Thursday, December 11, 2014

A Christmas Reflection on Truth, Light and the American Way

I'd thought of titling this post "Where is the Outrage. . .and the Criminal Convictions?" so that it would better reflect the nature of a "spat." But the spirit of the season got the best of me. As you see, in the mental wrestling match, the alternate title prevailed.

The season of Christmas does not seem an appropriate time for reports about the abuse of the dignity of the human person revealed in the Senate CIA investigation report just revealed this week. After all this is the time when the Christian world pauses to reflect on the birth of a child “whom shepherds guard and angels sing,” whom magi seek. This is a time for giving gifts expressing our love and friendship for those close to us. This is not a time for revealing the actions of a few policy makers that reveals the baser nature of the human spirit motivated in a time of retaliation by a misconstrued desire to seek the truth, no matter the means.

And in that spirit, there’s something missing from the media commentary by the talking-heads on TV and by the curmudgeons in our newspapers about the report on the CIA’s detention and interrogation programs by the Senate Select Committee on Intelligence chaired by Sen. Dianne Feinstein (D-California).
This article mentions some of the missing material redacted from the 528 page “summary version”:

Beyond that is the article in Democracy Now! about the 2008 Congressional Hearing on the “enhanced interrogation” methods:

Among other items , is the dialogue of Congresswoman Debbie Wasserman Schultz of Florida questioning Vice President Cheney’s chief of staff David Addington, as well as the House Judiciary Committee chair John Conyers questioning former Justice Department Attorney John Yoo during a hearing of the House Judiciary Committee’s Subcommittee on the Constitution, Civil Rights and Civil Liberties.

Can anyone view the “dodgeball” responses in a Congressional hearing of White House staff so closely tied to developing the “enhanced interrogations methods” approved by the Bush Administration without a sense of outrage?
  
Some of us must have been outraged seeing the image of the signature of Donald Rumsfeld on a “torture memo” in December, 2002, with his noted comment: “However, I stand for 8-10 hours a day. Why is standing (by prisoners) limited to 4 hours?”

We all remember how repulsed we were at seeing the images of those held in Abu-Graib. We remember the furor of response such images caused in those days. But the obvious sidestepping of moral responsibility for the treatment of detainees at the hands of our U.S. government, the scape-goating of underlings like U.S. Army Private Lynndie England by issuing a sentence of 3-year imprisonment and dishonorable discharge—no matter how repugnant their actions—has not yielded one conviction of those responsible for the policy governing the treatment of detainees in the U.S. “war on terrorism.”
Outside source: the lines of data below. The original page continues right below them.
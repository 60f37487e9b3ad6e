// Which file an outcome speaks of, and which one is made.
use plp_config::MOST_FRAMES;
use site_top::{Outcome, Request};

// The configuration of a request, or the one file that it has.
fn first_of(request: Request<'_>) -> &str {
    match request {
        Request::Gateway { config, .. }
        | Request::CommonGateway { config, .. }
        | Request::Modulate { config, .. }
        | Request::Receive { config, .. }
        | Request::CommonReceive { config, .. }
        | Request::Merge { config, .. }
        | Request::Mend { config, .. }
        | Request::Swap { config, .. }
        | Request::Compare { config, .. }
        | Request::Plan { config } => config,
        Request::ShowPackets { file }
        | Request::ShowT2mi { file }
        | Request::ShowFrames { file }
        | Request::ShowConfig { file } => file,
        Request::Trial { .. } => "",
    }
}

/// The file that a request makes, if it makes one.
pub fn out_of(request: Option<Request<'_>>) -> Option<&str> {
    match request? {
        Request::Gateway { out, .. }
        | Request::CommonGateway { out, .. }
        | Request::Modulate { out, .. }
        | Request::Receive { out, .. }
        | Request::CommonReceive { out, .. }
        | Request::Merge { out, .. }
        | Request::Mend { out, .. }
        | Request::Swap { out, .. } => Some(out),
        _ => None,
    }
}

// The stream that an outcome of a request speaks of, if it speaks of one.
fn stream_of(request: Request<'_>, outcome: Outcome) -> Option<&str> {
    match (request, outcome) {
        (
            Request::Gateway { ins, .. } | Request::CommonGateway { ins, .. },
            Outcome::InputRefused { input, .. },
        ) => Some(
            ins.get(usize::from(input))
                .map_or("an IN", |word| word.as_str()),
        ),
        (
            Request::Gateway { .. } | Request::CommonGateway { .. } | Request::Mend { .. },
            Outcome::TooLong { .. },
        ) => Some("an IN"),
        (Request::Modulate { input, .. }, Outcome::TooLong { .. } | Outcome::NoSuperframe) => {
            Some(input)
        }
        (
            Request::Receive { input, .. } | Request::CommonReceive { input, .. },
            Outcome::TooLong { .. } | Outcome::RecordRefused { .. },
        ) => Some(input),
        (Request::Merge { .. } | Request::Compare { .. }, Outcome::TooLong { .. }) => Some(
            "A or B",
        ),
        (Request::Swap { input, .. }, Outcome::InputRefused { .. }) => Some(input),
        (
            Request::Swap { t2mi, .. },
            Outcome::NoSuperframe | Outcome::TooLong { count: MOST_FRAMES },
        ) => Some(t2mi),
        (Request::Swap { .. }, Outcome::TooLong { .. }) => Some("T2MI or IN"),
        _ => None,
    }
}

/// The file that an outcome of a request speaks of.
pub fn file_of(request: Option<Request<'_>>, outcome: Outcome) -> &str {
    let Some(request) = request else {
        return "";
    };
    stream_of(request, outcome).unwrap_or(first_of(request))
}
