// Whether the PLP of a receiver is of a group with a common PLP, looked at again for people.
use crate::config_place::config_again;
use desk_watch::Shown;
use plp_config::{Config, Plp, PlpType};
use std::fs::Files;
use std::io::{self, Eprint};

fn plp_with(config: &Config, plp_id: u8) -> Option<&Plp> {
    for place in 0..config.plps.len() {
        let plp = config.plps.get(place)?;
        if plp.id == plp_id {
            return Some(plp);
        }
    }
    None
}

// The identifier of the common PLP of the group of a PLP that is not that one: a group has one at most.
fn common_id(config: &Config, plp_id: u8) -> Option<u8> {
    let own = plp_with(config, plp_id)?;
    for place in 0..config.plps.len() {
        let plp = config.plps.get(place)?;
        if plp.group == own.group && plp.plp_type == PlpType::Common && plp.id != own.id {
            return Some(plp.id);
        }
    }
    None
}

/// Says that the packets of a common PLP belong to those of a PLP, if it has one.
pub fn say_common(
    rt: &(impl Eprint + Files + AllocGlobal),
    name: &str,
    plp_id: u8,
) -> io::Result<()> {
    let Some(config) = config_again(rt, name) else {
        return Ok(());
    };
    match common_id(&config, plp_id) {
        Some(common) => eprintln!(rt;
            "{}: PLP {common} is the common PLP of the group of PLP {plp_id}: `common receive` puts its packets in",
            Shown(name)
        ),
        None => Ok(()),
    }
}
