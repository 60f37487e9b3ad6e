// Where in the text of CONFIG a refusal is, looked at again for people.
use crate::front::front_of;
use config_text::LONGEST_TEXT;
use plp_config::{Config, Plan, fits, validate};
use std::fs::{self, Files};
use std::io::{self, ErrorKind};
use std::str;

/// What a named file has of a configuration: as many bytes as one may have. A pipe gives its bytes once, so it is not
/// read again.
pub fn text_of(rt: &(impl Files + AllocGlobal), name: &str) -> io::Result<Vec<u8>> {
    if fs::metadata(rt, name)?.is_file() {
        front_of(rt, name, LONGEST_TEXT)
    } else {
        Err(io::Error::from(ErrorKind::InvalidInput))
    }
}

/// The configuration of a named file, if it can be read again.
pub fn config_again(rt: &(impl Files + AllocGlobal), name: &str) -> Option<Config> {
    config_text::read(rt.alloc(), &text_of(rt, name).ok()?).ok()
}

/// The plan of a named file, if it can be read again.
pub fn plan_again(rt: &(impl Files + AllocGlobal), name: &str) -> Option<Plan> {
    let valid = validate(config_again(rt, name)?).ok()?;
    fits(valid).ok()
}

// Bytes below this one, the tabulator, stand in no text.
const LEAST_OF_TEXT: u8 = 9;

/// Whether a front is that of data, and of no text.
pub fn is_data(front: &[u8]) -> bool {
    front.iter().any(|byte| *byte < LEAST_OF_TEXT)
}

/// The line of the PLP at a place, counted from 1, and its identifier.
pub fn plp_line(text: &[u8], place: u8) -> Option<(usize, &str)> {
    let lines = text.split(|byte| *byte == b'\n').enumerate();
    let (number, line) = lines
        .filter(|(_, line)| line.starts_with(b"plp "))
        .nth(usize::from(place))?;
    let id = line.split(|byte| *byte == b' ').nth(1)?;
    Some((number + 1, str::from_utf8(id).ok()?))
}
In 2007, many may remember the political commentary about the aftermath of the revelation of that White House policy. One commentary I remember was cogently captured in the political cartoon by Pat Oliphant on December 26, 2007.

In this season when we look forward to the revelation of the Light of the Nations, does not the seeking of light that will reveal the truth about how we humans treat one another seem to be a worthwhile pursuit? The good news presents to us shepherds seeking to “see this thing that has taken place” with simplicity (Lk 2:15) and men of learning coming from foreign lands to the new-born child “to do him homage” as the fulfillment of the promise revealed by their science  (Mt. 2:2). One lesson we might take away from these scriptural images—as well as from the more ancient practices upon which so much of our Christian tradition is built—is that, just as all nature reveals that the gradual return of increased daylight is a harbinger of a season of new life, we need to shine the light of the principles of human dignity on the events of our day and recognize the truth in that light.